Is there a risk that business applications will start to permeate our lives more than they already do? We’ve all heard of the Crackberry addict who can’t stop reading their email the instant it arrives. Is there a chance we could get to that point with management approvals or business groupware?
It seems that Facebook stock dropped after the IPO was because it wasn’t viewed as addictive enough by Wall Street. Even if people use a tool, keeping their attention can be a hard thing to maintain. With gamification and other techniques, businesses can keep pushing the boundaries of compelling software.
- Hyper-Awareness – an unquenchable thirst for information or validation
- Socialization – our involvement is an expectation of those we interact with
- Accomplishment – being the first, the best, a dominate factor on-line
- Escape – the on-line world is where we have more control
The lure of constant stimulation can definitely be addictive. Yet, in this world plagued by an attention deficit developers want their solutions to stand out and demand attention.
A recent survey by mobile-services provider iPass states that “91 percent of mobile users said they use their free time, both day and night, to check their smartphones. Among those, almost 30 percent check their smartphones three to five times an hour, and 20 percent check them five to 10 times an hour.” That’s just email. What if we start to make the core business systems more compelling?
This is one reason why a more enlightened view of how systems interact is needed. Business systems need to focus their interruptions on only those who can do something about a situation and allow personalization of the interface to minimize disruption or maximize a positive result. Everyone wants to maximize the productivity of their personnel, but allowing them to tools to make their time off free of work concerns can be a business goal as well.
Mark McDonald over at Garter had a blog post titled: An IT Renaissance is the last thing we need. We need IT Enlightenment that got me thinking… In the post he states that:
“The Enlightenment was fundamentally about discovering the natural sciences and laying the foundation for modern society and science.”
When we think about the needs of future businesses to reduce the time to action, the IT systems will involve some fundamental shifts. All too often organizations look at the problem from the perspective of their existing tooling. The old adage “When all you have is a hammer, everything looks like a nail” comes to mind. Yet there are many disruptive increases in capability.

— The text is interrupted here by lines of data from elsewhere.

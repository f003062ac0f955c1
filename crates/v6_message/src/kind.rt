//! The types of messages, by their numbers (RFC 8415, section 7.3).

ghost use Rattle.std.specs.Prelude.{◌≡◌};
ghost use Rattle.v6_message.specs.Kinds.{number_of_kind, server_kind_by};

const SOLICIT: u8 = 1;

const ADVERTISE: u8 = 2;

const REQUEST: u8 = 3;

const RENEW: u8 = 5;

const REBIND: u8 = 6;

const REPLY: u8 = 7;

const RELEASE: u8 = 8;

const DECLINE: u8 = 9;

/// The messages that a client says (RFC 8415, section 7.3).
#[derive(Clone, Copy, Debug, PartialEq, Eq)]
pub enum Kind6 {
    /// It looks for servers.
    Solicit,
    /// It asks a server for what that offered.
    Request,
    /// It asks its server to keep what it has.
    Renew,
    /// It asks any server to keep what it has.
    Rebind,
    /// It gives back what it has.
    Release,
    /// It found addresses in use.
    Decline,
}

/// The messages of a server to a client (RFC 8415, section 7.3).
#[derive(Clone, Copy, Debug, PartialEq, Eq)]
pub enum ServerKind6 {
    /// It offers.
    Advertise,
    /// It answers a request, or a SOLICIT with rapid commit.
    Reply,
}

impl Kind6 {
    /// The number of the type.
    pub fn number(self) -> u8
        ensures { result ≡ number_of_kind self }
    {
        match self {
            Kind6::Solicit => SOLICIT,
            Kind6::Request => REQUEST,
            Kind6::Renew => RENEW,
            Kind6::Rebind => REBIND,
            Kind6::Release => RELEASE,
            Kind6::Decline => DECLINE,
        }
    }
}

/// The server's message of this number.
pub(crate) fn server_kind_of(number: u8) -> Option<ServerKind6>
    ensures { result ≡ server_kind_by number }
{
    match number {
        ADVERTISE => Some(ServerKind6::Advertise),
        REPLY => Some(ServerKind6::Reply),
        _ => None,
    }
}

Some of the ideas in the post like “Evolve the ‘science of management and business’ in a degree similar to the evolution of natural science that happened during the first Enlightenment.” Made me think about the application of automation and attention engineering to change where and how we apply the human resources. The optimization of automation and attention will shift the whole approach to “management”.
His thoughts on “Value becoming an operational reality” align with the view that in an information rich organization, value can move from an abstract concept that is felt to something that is measured and optimized. The new computing environments available can enable that kind of conceptual shift.
As I have mentioned in the past (at least 5 years ago) “context is king”. There may be more value in the context the data describes than in the raw data itself. This meta-data view will also shift the perspective of decision making. Social computing approaches are ripe with this fruit and yet most enterprises have barely started to harvest it.
As one of the comments to Mark’s post states – we need to question everything. Just because it has always worked, does not mean that it is the approach for the future. On the other hand, there are some foundational elements that we can rely upon. Have expectations, measure against them and then adjust accordingly.